The online version of the Microsoft Windows XP Home Edition EULA states, "You agree to be bound by the terms of this EULA by installing, copying, or otherwise using the software. If you do not agree, do not install, copy, or use the software; you may return it to your place of purchase for a full refund, if applicable."

The language in the version that Mitchell received was slightly different. It read, "If you do not agree to the terms of this EULA, you may not use or copy the software, and should promptly contact manufacturer for instructions on return of the unused product(s) for a refund in accordance with manufacturer's return policies."

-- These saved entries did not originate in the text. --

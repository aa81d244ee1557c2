//! A batch that is sent, and a desk that is stopped after it.
ghost use Rattle.std.specs.Prelude.{◌≡◌, ◌≢◌, Some, length, IfOk};
ghost use Rattle.sqlite.specs.Held.{state};
ghost use Rattle.sqlite.specs.State.{HasCleanDisk};
ghost use Rattle.sqlite.specs.Tree.{Trees};
ghost use Rattle.rtgs_book.specs.declared.book.Book.{Book};
ghost use Rattle.rtgs_desk.specs.batches.Batches.{StopsAfter};
ghost use Rattle.rtgs_desk.specs.batches.Sent.{Sent};
ghost use Rattle.rtgs_desk.specs.Holding.{Holds};
ghost use Rattle.rtgs_book_file.specs.stored_desk.Stored.{AreTablesOf};

use crate::sessions::{NoSession, Stop};
use crate::stopping::found_again;
use rtgs_book::{NewOrder, Refusal};
use rtgs_desk::{Desk, submit_batch};
use rtgs_keeper::Keeper;
use rtgs_money::Code;
use rtgs_order_files::BatchResult;
use rtgs_tables::SqlKeeper;
use sqlite::Alter;
use sqlite_trees::store::Reopen;
use std::alloc::Global;

/// Sends the rows of an order file, and gives how each was answered, up to the one at which the batch stopped, if it
/// did: no row behind that one is answered.
pub(crate) fn send<K: Keeper>(
    alloc: Global,
    desk: &mut Desk<K>,
    sender: Code,
    rows: &[NewOrder],
) -> Result<BatchResult, NoSession>
    ensures stopped { IfOk result (λ batch. StopsAfter (length batch.replies.items) (length rows.now) batch.stopped) }
    ensures sent { IfOk result (λ batch. K.is_honest desk.new.keeper → (book : Book) → Holds K.Keeper desk.old book
        → Sent K.Keeper book sender rows.now batch.replies.items batch.stopped desk.new) }
    ensures honest { K.is_honest desk.new.keeper → K.is_honest desk.old.keeper }
    ensures only_fault { IfOk result (λ batch. batch.stopped ≢ Some Refusal.StoreFault
        → K.has_failed desk.new.keeper ≡ K.has_failed desk.old.keeper) }
{
    match submit_batch(alloc, desk, sender, rows) {
        Ok(batch) => Ok(batch),
        Err(_) => Err(NoSession::OutOfMemory),
    }
}

/// Stops a desk, and opens it again over what the stop left.
pub(crate) fn resumed<S: Alter + Reopen + Drop>(
    alloc: Global,
    desk: Desk<SqlKeeper<S>>,
    stop: Stop,
) -> Result<Desk<SqlKeeper<S>>, NoSession>
    ensures found { IfOk result (λ next. HasCleanDisk (state S.Store next.keeper.conn)
        → (trees : Trees) × (state S.Store desk.keeper.conn).may_leave trees
        × ((book : Book) → AreTablesOf book trees → Holds ⟦<SqlKeeper<S> as Keeper>⟧ next book)) }
    ensures honest { IfOk result (λ next. HasCleanDisk (state S.Store next.keeper.conn)
        → HasCleanDisk (state S.Store desk.keeper.conn)) }
{
    match found_again(alloc, desk, stop) {
        Ok(next) => Ok(next),
        Err((cause, _)) => Err(cause),
    }
}
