//! The headline: what a desk answers and keeps over any number of sessions and stops.
//!
//! Each promise of this crate has a sentence, then its contract, and between them what a reader has to judge, as far as
//! the contract reaches it: the files in the `specs/` of each crate, and the types in those of its `src/` (`.rt`).
//!
//! "The files of a command" say what a command does to a book: rtgs_book Balance, Books, Choice, Commands, Lookup,
//! Outcome, Queue, Settle, Step, answer.rt, book.rt, command.rt, day.rt, limits.rt, mark.rt, new_day.rt, new_order.rt,
//! order.rt, order_state.rt, participant.rt, phase.rt, posting.rt, refusal.rt, rows.rt; rtgs_lists IntSum; rtgs_money
//! Date, amount.rt, cents.rt, code.rt, credit.rt, date.rt, key_digest.rt, name.rt, posting_amount.rt, reference.rt,
//! text.rt.
//!
//! What the `sqlite` crate calls a database, and what it may leave after a crash (`may_leave`), is that crate's.
ghost use Rattle.std.specs.Prelude.{◌≡◌, false, map, IfOk, IsTrue, IfErr};
ghost use Rattle.sqlite.specs.Held.{state};
ghost use Rattle.sqlite.specs.State.{HasCleanDisk};
ghost use Rattle.sqlite.specs.Steps.{IsEmpty};
ghost use Rattle.sqlite_trees.specs.View.{IsClean};
ghost use Rattle.rtgs_book.specs.Books.{new_book};
ghost use Rattle.rtgs_book.specs.Calm.{IsCalm};
ghost use Rattle.rtgs_book.specs.declared.book.Book.{Book};
ghost use Rattle.rtgs_desk.specs.Holding.{Holds};
ghost use Rattle.rtgs_promises.specs.Headline.{IsHeadline, EndsEarly, LeavesExactly, EndsEarlyAnew, LeavesRows};
ghost use Rattle.rtgs_promises.specs.Headline.{EndsEarlyInMemory};
ghost use Rattle.rtgs_book_file.specs.stored_desk.Stored.{AreTablesOf};

use crate::books::{each_resolution_settles_the_greatest_choice, nothing_settles_early};
use crate::desks::tables_are_exactly_the_book;
use crate::living::{abandoned, begun};
use crate::making::tables_made;
use crate::memory::{made_in_memory, told};
use crate::sessions::{NoSession, PlannedSession, Unfinished};
use crate::stopping::found_again;
use rtgs_book::{Refusal, WholeAnswer};
use rtgs_book_file::stored_desk::run;
use rtgs_desk::Desk;
use rtgs_keeper::Keeper;
use rtgs_laws::repeats::laws::life_is_a_run;
use rtgs_tables::SqlKeeper;
use sqlite::{Alter, Connection, MemStore};
use sqlite_trees::store::Reopen;
use std::alloc::Global;

/// **Promise 1, the headline.** A desk begins with an empty database. Whatever commands it is then given, and wherever
/// it is stopped, it answers and keeps what the definitions say:
///
/// - The answers of each session are those of the definitions' run over the commands that were answered.
/// - A stop, also a crash in the middle of a write, loses no answered command. It leaves the book to which they lead,
///   or, where the store had failed, perhaps that book after the one command in doubt, whole. So over any number of
///   sessions one list of commands leads from the new book to the last.
/// - In it each resolution, asked for or not, settled the greatest choice of queue beginnings that leaves nobody below
///   its floor, or there was nothing to settle. What was final in the first book, or in one that was found, stands in
///   each that was found later. Nothing settled before its due date, and on an automatic day nothing was left that
///   could settle.
/// - The tables have the rows of the last book and no others. Each stored balance is the sum from scratch, and
///   together these balances are what was posted.
/// - Where a session could not be had, memory ran out or the store failed. All this then holds of the sessions
///   before it, in whatever a crash leaves.
///
/// The function makes the tables, and goes on as `live`, over any store. Premises: nobody else writes the file, and
/// the disk gives back what was written to it (`HasCleanDisk`, `IsClean`); and the database was just opened and has
/// nothing in it (`IsEmpty`).
// To judge it, read these 72 files: the files of a command; rtgs_promises Headline, sessions.rt; rtgs_book Session,
// Run, Calm, Laws, Soundness, Procedure, fault.rt, cores/cores.rt, rule.rt, account.rt; rtgs_laws repeats.Lives;
// rtgs_rows Content, Keeping, Tables, Dues, Rows, forward.rt, numbers.rt, desk_row.rt, resolution_row.rt; rtgs_desk
// Seen, desk.rt; rtgs_keeper Still, keeper.rt; rtgs_records Held, Records, accounts.Accounts, queues.Orders,
// records.rt, accounts/accounts.rt, queues/orders.rt; rtgs_money Digits; rtgs_tables sql_keeper.rt; rtgs_ledger
// ledger.rt.
pub fn make_and_live<S: Alter + Reopen + Drop>(
    alloc: Global,
    conn: Connection<S>,
    sessions: &[PlannedSession],
) -> Result<(Vec<Vec<Result<WholeAnswer, Refusal>>>, Desk<SqlKeeper<S>>), Unfinished<S>>
    requires { conn.in_transaction ≡ false }
    ensures lived { IfOk result (λ (said, desk). HasCleanDisk (state S.Store desk.keeper.conn)
        → IsEmpty (state S.Store conn) → (desk.keeper.failed ≡ false)
        × ((found : Book) × LeavesRows found (state S.Store desk.keeper.conn)
        × IsHeadline new_book (map (λ session. session.commands.items) sessions.now)
        (map (λ replies. replies.items) said.items) found)) }
    ensures ended { IfErr result (λ it. IsClean (S.Store.view it.store) → IsEmpty (state S.Store conn)
        → EndsEarlyAnew (map (λ session. session.commands.items) sessions.now)
        (map (λ replies. replies.items) it.said.items) it.cause (S.Store.recovers it.store)) }
{
    let made = tables_made(alloc, conn)?;
    match live(alloc, made, sessions) {
        Ok((said, desk)) => {
            desk.holds_a_sound_book();
            Ok((said, desk))
        }
        Err(unfinished) => Err(unfinished),
    }
}

/// **Promise 1, from any book.** The same where the tables hold a book already, whichever it is: the sessions lead from
/// it to the book that the desk holds in the end. The tables hold that book exactly.
///
/// The function opens a desk, gives it the commands of a session, ends that in order, or by a crash wherever its store
/// then is (a store may fail from any call on, and so inside any write), opens it again over what this left, and so on.
// To judge it, read these 96 files: the files of a command; rtgs_promises Headline, sessions.rt; rtgs_book_file
// stored_desk.Stored; rtgs_desk Holding, Seen, desk.rt; rtgs_book Calm, Session, Run, Laws, Soundness, Procedure,
// cores.Cores, Ranges, Judgement, fault.rt, cores/cores.rt, rule.rt, account.rt; rtgs_laws repeats.Lives; rtgs_rows
// Content, Keeping, Querying, Fitting, Tables, RowLaws, Settling, TableRecords, Dues, Rows, forward.rt, numbers.rt,
// resolution_row.rt, desk_row.rt; rtgs_keeper Still, keeper.rt; rtgs_sql_columns Blank, Tables, Numbers, OneTable;
// rtgs_tables Loading, Between, sql_keeper.rt; rtgs_records Held, Records, accounts.Accounts, queues.Orders,
// records.rt, accounts/accounts.rt, queues/orders.rt; rtgs_sql_queries Records, Displaying, TableQueries;
// rtgs_sql_loading Accounts, Displaying, Joining; rtgs_money Forms, Amounts, Digits; rtgs_ledger ledger.rt.
pub fn live<S: Alter + Reopen + Drop>(
    alloc: Global,
    conn: Connection<S>,
    sessions: &[PlannedSession],
) -> Result<(Vec<Vec<Result<WholeAnswer, Refusal>>>, Desk<SqlKeeper<S>>), Unfinished<S>>
    requires { conn.in_transaction ≡ false }
    ensures lived { IfOk result (λ (said, desk). HasCleanDisk (state S.Store desk.keeper.conn)
        → IsTrue (state S.Store conn).is_open
        → (start : Book) → AreTablesOf start (state S.Store conn).committed.trees
        → (found : Book) × Holds ⟦<SqlKeeper<S> as Keeper>⟧ desk found
        × LeavesExactly found (state S.Store desk.keeper.conn)
        × IsHeadline start (map (λ session. session.commands.items) sessions.now)
        (map (λ replies. replies.items) said.items) found) }
    ensures honest { IfOk result (λ (_, desk). HasCleanDisk (state S.Store desk.keeper.conn)
        → HasCleanDisk (state S.Store conn)) }
    ensures ended { IfErr result (λ it. IsClean (S.Store.view it.store) → IsTrue (state S.Store conn).is_open
        → (start : Book) → AreTablesOf start (state S.Store conn).committed.trees → IsCalm start
        → EndsEarly start (map (λ session. session.commands.items) sessions.now)
        (map (λ replies. replies.items) it.said.items) it.cause (S.Store.recovers it.store)) }
    ensures back { IfErr result (λ it. IsClean (S.Store.view it.store) → HasCleanDisk (state S.Store conn)) }
{
    life_is_a_run();
    each_resolution_settles_the_greatest_choice();
    nothing_settles_early();
    let (mut said, mut desk) = begun(alloc, conn, sessions.len())?;
    for session in sessions {
        let replies = match run(&mut desk, session.commands.as_slice()) {
            Ok(replies) => replies,
            Err(_) => {
                return Err(Unfinished {
                    said,
                    cause: NoSession::OutOfMemory,
                    store: abandoned(desk),
                });
            }
        };
        said.push_reserved(replies);
        let next = match found_again(alloc, desk, session.stop) {
            Ok(next) => next,
            Err((cause, store)) => return Err(Unfinished { said, cause, store }),
        };
        desk = next;
    }
    tables_are_exactly_the_book(&desk);
    Ok((said, desk))
}

/// **Promise 1, in memory.** The headline over a database in memory, from the empty one: no premise is left.
///
/// Where a session could not be had, memory ran out or the store failed, and it is the headline of those before it.
// To judge it, read these 95 files: the files of a command; rtgs_promises Headline, sessions.rt; rtgs_desk Holding,
// Seen, desk.rt; rtgs_book Session, Run, Calm, Laws, Soundness, Procedure, cores.Cores, Ranges, Judgement, fault.rt,
// rule.rt, cores/cores.rt, account.rt; rtgs_laws repeats.Lives; rtgs_keeper Still, keeper.rt; rtgs_rows Keeping,
// Querying, Content, Tables, RowLaws, Settling, Fitting, TableRecords, Dues, Rows, numbers.rt, forward.rt,
// resolution_row.rt, desk_row.rt; rtgs_sql_columns Blank, Tables, Numbers, OneTable; rtgs_tables Loading, Between,
// sql_keeper.rt; rtgs_records Held, Records, accounts.Accounts, queues.Orders, records.rt, accounts/accounts.rt,
// queues/orders.rt; rtgs_sql_queries Records, Displaying, TableQueries; rtgs_sql_loading Accounts, Displaying, Joining;
// rtgs_money Amounts, Forms, Digits; rtgs_ledger ledger.rt.
pub fn live_in_memory(
    alloc: Global,
    sessions: &[PlannedSession],
) -> Result<
    (
        Vec<Vec<Result<WholeAnswer, Refusal>>>,
        Desk<SqlKeeper<MemStore>>,
    ),
    (Vec<Vec<Result<WholeAnswer, Refusal>>>, NoSession),
>
    ensures lived { IfOk result (λ (said, desk). (found : Book) × Holds ⟦<SqlKeeper<MemStore> as Keeper>⟧ desk found
        × IsHeadline new_book (map (λ session. session.commands.items) sessions.now)
        (map (λ replies. replies.items) said.items) found) }
    ensures ended { IfErr result (λ (said, cause). EndsEarlyInMemory
        (map (λ session. session.commands.items) sessions.now) (map (λ replies. replies.items) said.items) cause) }
{
    let none = Vec::new(alloc);
    let made = match made_in_memory(alloc) {
        Ok(made) => made,
        Err(cause) => return Err((none, cause)),
    };
    match live(alloc, made, sessions) {
        Ok((said, desk)) => Ok((said, desk)),
        Err(unfinished) => Err(told(unfinished)),
    }
}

Mitchell ordered his Dell laptop on Oct. 21, and it arrived on Oct. 27. He sent a postal letter requesting a refund to Dell's Bracknell, UK office on Nov. 1, received a phone call two days later, and his refund today, he says.

Dell has not yet requested that Mitchell return his Microsoft hologram sticker or any other materials bundled with the system. The laptop did not come with a Windows CD.

Mitchell was careful to document that he did not run the Microsoft product or accept the EULA. "I booted the laptop, then photographed every step of the boot process up to and including clicking on the XP 'no I don't accept' button. I also scrolled through each page of the EULA, taking a photo of each page," he wrote in an e-mail interview.